CrossFit Champion Brittany Weiss Bike Workout

For CrossFit Games athlete Brittany Weiss, nothing might make more of an impact than an assault bike. Bicycles use electric fans to generate resistance. In other words, the more you pedal, the harder your body works. The pumping and pedaling of the arms used in the exercise provides a full-body workout, helping to regulate metabolism and improve endurance.

Two-time CrossFit Games athlete Brittany Weiss is no stranger to these benefits, despite her love-hate relationship with the bike. It’s now a constant in her off-season training, and she’s starting to hate it so much.

Brittany Weiss spoke muscle and fitness Why assault bikes are for those who want to increase their output and build a foundation for cardio. She also provided some helpful tips for getting the most out of any workout involving the bike, providing one of her recent workouts.

Advantages of assault bikes

I have a love/hate relationship with assault bikes ([aughs]I’m not a very powerful athlete, so I can really benefit from an assault bike. A bike is all about power output, how well you can deliver everything, and how fast you can go with it. It’s not about picking up the pace and staying at this level. In fact, improving the output is really good. One of his “favorite” workouts on the assault bike is his 20-30 sets of 30 seconds on, 30 seconds off. Go for 30 seconds, rest for 30 seconds, and repeat. It also builds the engine, aerobic base and power.

get on and go

Every day, the workout incorporates a machine.
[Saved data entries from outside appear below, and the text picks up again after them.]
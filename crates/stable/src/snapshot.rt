//! What a tended store says of itself.

use crate::{Battery, State};

/// A store's state and its counts. `puts` is a count modulo 2 to the 64; the other counts end at 2 to the 64 less 1.
#[derive(Clone, Copy, Debug, PartialEq, Eq)]
pub struct Snapshot {
    pub state: State,
    /// How many sectors are dirty.
    pub dirty: u32,
    /// What the battery was read as at last; low before the first reading.
    pub battery: Battery,
    /// How often a sector was put.
    pub puts: u64,
    /// How often the battery was polled.
    pub polls: u64,
    /// How often Up read the battery.
    pub ups: u64,
    /// How often a dirty sector was tried by a flush of one.
    pub tries: u64,
}
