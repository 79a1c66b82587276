//! A plan of as many sectors as it has room for.

use crate::Plan;
use std::test::Fail;

// The put that a test makes as its `index`-th.
fn put_of(index: u32) -> (u32, [u8; 512]) {
    (u32::MAX - index, [(index % 251) as u8; 512])
}

// Adds puts as long as the plan takes one more.
fn fill(plan: &mut Plan) {
    for index in 0..=420 {
        if plan.puts().len() < plan.room() {
            let put = put_of(index);
            plan.add(put.0, &put.1);
        }
    }
}

// Whether a plan is as `fill` makes it of an empty one with room for so many.
fn is_filled(plan: &Plan, room: usize) -> bool {
    let puts = plan.puts();
    plan.room() == room
        && puts.len() == room
        && puts
            .iter()
            .zip(0..)
            .all(|(put, index)| *put == put_of(index))
}

#[test]
fn a_plan_takes_as_many_sectors_as_it_has_room_for_and_again_after_it_was_cleared(
    rt: HostRuntime,
) -> Result<(), Fail> {
    assert!(rt; is_filled(&Plan::empty(rt.alloc()), 0));
    for room in [0, 1, 3, 27, Plan::MOST] {
        let mut plan = Plan::new(rt.alloc(), room).map_err(|_| "memory")?;
        assert!(rt; plan.puts().is_empty());
        fill(&mut plan);
        assert!(rt; is_filled(&plan, room), "room for {room}");
        plan.clear();
        assert!(rt; plan.puts().is_empty());
        fill(&mut plan);
        assert!(rt; is_filled(&plan, room), "room for {room}");
    }
    Ok(())
}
Right now it’s the off-season and I’m riding a bike that I’m not good at, so assault bikes are a daily routine (laughs). But I feel that an assault bike is something you can just ride and do it. It’s kind of like a warm-up. That’s why I recommend it to those who are wondering whether to get it or not. All you have to do is throw on some headphones, hop on your bike and just start running.
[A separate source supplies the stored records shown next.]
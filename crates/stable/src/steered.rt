ghost use Rattle.stable.specs.Looked.{Untouched};

use crate::{Battery, Tended};

/// A store whose later calls can be steered. Steering changes nothing that the contracts of a store name.
pub trait SteeredStore: Tended {
    /// Sets what the battery says at its next readings.
    fn set_battery(&mut self, battery: Battery)
        ensures { Untouched Self.Stable self.old self.new };

    /// Cuts the device call that comes after so many more: it leaves the newer state, or the older. Each call after it fails without effect.
    fn stop_after(&mut self, calls: u64, newer: bool)
        ensures { Untouched Self.Stable self.old self.new };
}
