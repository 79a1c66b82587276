ghost use Rattle.std.specs.Prelude.{◌≡◌};
ghost use Rattle.stable.specs.Looked.{KeepsImage};
ghost use Rattle.stable.specs.States.{IsPolled, IsFlushed, IsCommanded};

use crate::{Answer, Battery, Command, FlushAnswer, Snapshot, Stable};

/// A store whose battery is polled, whose dirty sectors are flushed, and which obeys commands. None of these calls changes the image, at any moment.
pub trait Tended: Stable {
    /// Reads the battery. Low leaves UP; Good ends an error by the battery once nothing is dirty.
    fn poll(&mut self) -> Battery
        ensures keeps { KeepsImage Self.Stable self.old self.new }
        ensures snapshot { IsPolled result (Self.snapshot_of self.old) (Self.snapshot_of self.new) };

    /// Tries to flush the oldest dirty sector.
    fn flush_one(&mut self) -> FlushAnswer
        ensures keeps { KeepsImage Self.Stable self.old self.new }
        ensures snapshot { IsFlushed result (Self.faults self.old) (Self.faults self.new) (Self.snapshot_of self.old) (Self.snapshot_of self.new) };

    /// Carries out a command.
    fn command(&mut self, command: Command) -> Answer
        ensures keeps { KeepsImage Self.Stable self.old self.new }
        ensures snapshot { IsCommanded command result (Self.faults self.old) (Self.faults self.new) (Self.snapshot_of self.old) (Self.snapshot_of self.new) };

    /// The state and the counts.
    fn snapshot(&self) -> Snapshot
        ensures { result ≡ Self.snapshot_of self.now };
}
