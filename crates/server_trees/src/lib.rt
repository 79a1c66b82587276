//! Tests of the server's calls on trees: directories and links that are made, moved and taken away.
#![tactic(auto)]

#[cfg(test)]
mod tests;
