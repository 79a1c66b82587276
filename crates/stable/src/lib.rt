//! What a store promises, whatever it stands on: its failures, its counts, what a crash leaves of it, and plans of puts.
#![tactic(auto)]

mod battery;
mod command;
mod failure;
mod plan;
mod run;
mod snapshot;
mod state;
mod steered;
mod store;
mod tended;

pub use battery::Battery;
pub use command::{Answer, Command, FlushAnswer};
pub use failure::{Failed, NoMemory};
pub use plan::Plan;
pub use run::run_plan;
pub use snapshot::Snapshot;
pub use state::{Cause, State};
pub use steered::SteeredStore;
pub use store::Stable;
pub use tended::Tended;

#[cfg(test)]
mod tests;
Brittany Weiss shares her tips for adding variety

If you want leg pumps, you can do 5-10 rounds, depending on where you are. Think 8 calories, 20 air squats, rest for 60 seconds. Repeat 5-10 times. At first, he’s doing squats, and knowing he can rest on the remaining 8 calories helps him push a little harder. You can do the same with burpees. Or you can add EMOM. EMOM for 12-20 minutes. 45 seconds on the bike, 15 seconds rest. That’s the first minute. Second minute, burpee for 45 seconds, rest for 15 seconds, repeat for 12-20 minutes.

Nice Inn, Drive Down

I’ve seen memes describing different assault bike techniques and what they look like when they get tired. But I think the biggest thing you need to focus on is not moving your body from side to side or swinging everything around. Concentrated. I also use my arms, so my arms and legs get stronger. When you’re pushing down, you’re pulling. I don’t want to relax anywhere. The grip can be a little more relaxed, but think about pulling on the handlebars, pushing down on the pedals, and keeping your knees in line. Sometimes when you feel that your knee is dislodged, you don’t put much power into the pedal.On an assault bike, you want power and power.
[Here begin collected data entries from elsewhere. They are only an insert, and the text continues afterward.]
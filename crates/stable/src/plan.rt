//! A plan: sectors with their new content, to be put one after the other.
ghost use Rattle.std.specs.Prelude.{◌≡◌, ◌<◌, ◌≤◌, [], ◌∷◌, ◌++◌, length, IfOk};
ghost use Rattle.stable.specs.Puts.{with_put, with_puts};

use crate::NoMemory;
use std::alloc::Global;
use std::marker::Model;

/// Sectors with their new content, in the order in which they are put. The room for them is reserved at first, so `add` and `clear` take no memory.
#[derive(Drop)]
pub struct Plan {
    puts: Vec<(u32, [u8; 512])>,
    room: usize,
}

impl Model for Plan {
    ghost use Rattle.std.specs.Prelude.{◌≤◌, length, vec_capacity};
    ghost use Rattle.stable.specs.Puts.{Reserved};

    ghost Value = { Reserved };

    ghost view = { λ plan. record { puts = plan.puts.items; room = plan.room } };

    ghost invariant = { λ plan. plan.room ≤ vec_capacity plan.puts };
}

impl Plan {
    /// The most sectors that a plan has room for.
    pub const MOST: usize = 420;

    /// A plan of nothing, which has room for nothing. It takes no memory.
    pub fn empty(alloc: Global) -> Plan
        ensures { result ≡ record { puts = []; room = 0 } }
    {
        Plan {
            puts: Vec::new(alloc),
            room: 0,
        }
    }

    /// A plan of nothing, with room for so many sectors.
    pub fn new(alloc: Global, room: usize) -> Result<Plan, NoMemory>
        requires { room ≤ 420 }
        ensures { IfOk result (λ plan. plan ≡ record { puts = []; room = room }) }
    {
        let puts = Vec::with_capacity(alloc, room)?;
        Ok(Plan { puts, room })
    }

    /// Puts one sector more at the end.
    pub fn add(&mut self, sector: u32, bytes: &[u8; 512])
        requires { length self.old.puts < self.old.room }
        ensures { self.new ≡ with_puts self.old (self.old.puts ++ (sector, bytes.now) ∷ []) }
    {
        match self.puts.push((sector, *bytes)) {
            Ok(()) => {}
            Err(_) => unreachable!(),
        }
    }

    /// Puts one sector more; where the last one is the same sector, it takes that one's place, so that both are one put.
    pub fn add_or_replace(&mut self, sector: u32, bytes: &[u8; 512])
        requires { length self.old.puts < self.old.room }
        ensures { self.new ≡ with_puts self.old (with_put self.old.puts (sector, bytes.now)) }
    {
        let count = self.puts.len();
        if count > 0 && self.puts[count - 1].0 == sector {
            self.puts[count - 1] = (sector, *bytes);
            return;
        }
        self.add(sector, bytes);
    }

    /// Forgets all of it, and keeps the room.
    pub fn clear(&mut self)
        ensures { self.new ≡ with_puts self.old [] }
    {
        self.puts.clear();
    }

    /// The sectors with their new content, in order.
    pub fn puts(&self) -> &[(u32, [u8; 512])]
        ensures { result.now ≡ self.now.puts }
    {
        self.puts.as_slice()
    }

    /// For how many sectors there is room.
    pub fn room(&self) -> usize
        ensures { result ≡ self.now.room }
    {
        self.room
    }
}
Focus on your reasons when you are in a difficult situation

Think about where you are and where you want to go. For me, the message I’m telling myself about where I want to go is more important. Where I want to reach is not easy, but if I can stay here and put all my focus and all my energy here, it will set me where I want to be in my athletic career. It’s a big part. The way you talk to yourself is how you act. If you tell yourself you can and have positive self-talk, you can go far beyond expectations. I always try to encourage people by letting them know that the way they talk to themselves is important. That’s how I approach all my training.

Brittany Weiss eats carbs for recovery

carbohydrate! people are afraid of them. Carbohydrates are your friend in fitness and everything. Soda is something I personally like to do. After such a hard workout, I don’t like to eat. I’d rather drink my own calories. I feel like there are a lot of people like that. When I’m doing something high intensity, I’m not very hungry. But your body needs food and nutrients to recover. I love having a carb drink right after and you’ll be amazed at how you feel 30 minutes later.

Brittany Weiss Assault Bike Workout

  • time: 8 minutes
  • set: 4-5 sets
  • goal: 60-80 calories as soon as possible. Rest the rest of the time. Repeat after 8 minutes.

It really depends on you how hard you want to push and how much rest you want to have before your next set. If I was giving a female/male calorie ratio, males are clearly more powerful. I burn 60 calories in 8 minutes, and my man probably burns 80. This is actually really dangerous. He is happy that he completed the first set in four minutes, but finds himself having to repeat it over and over again.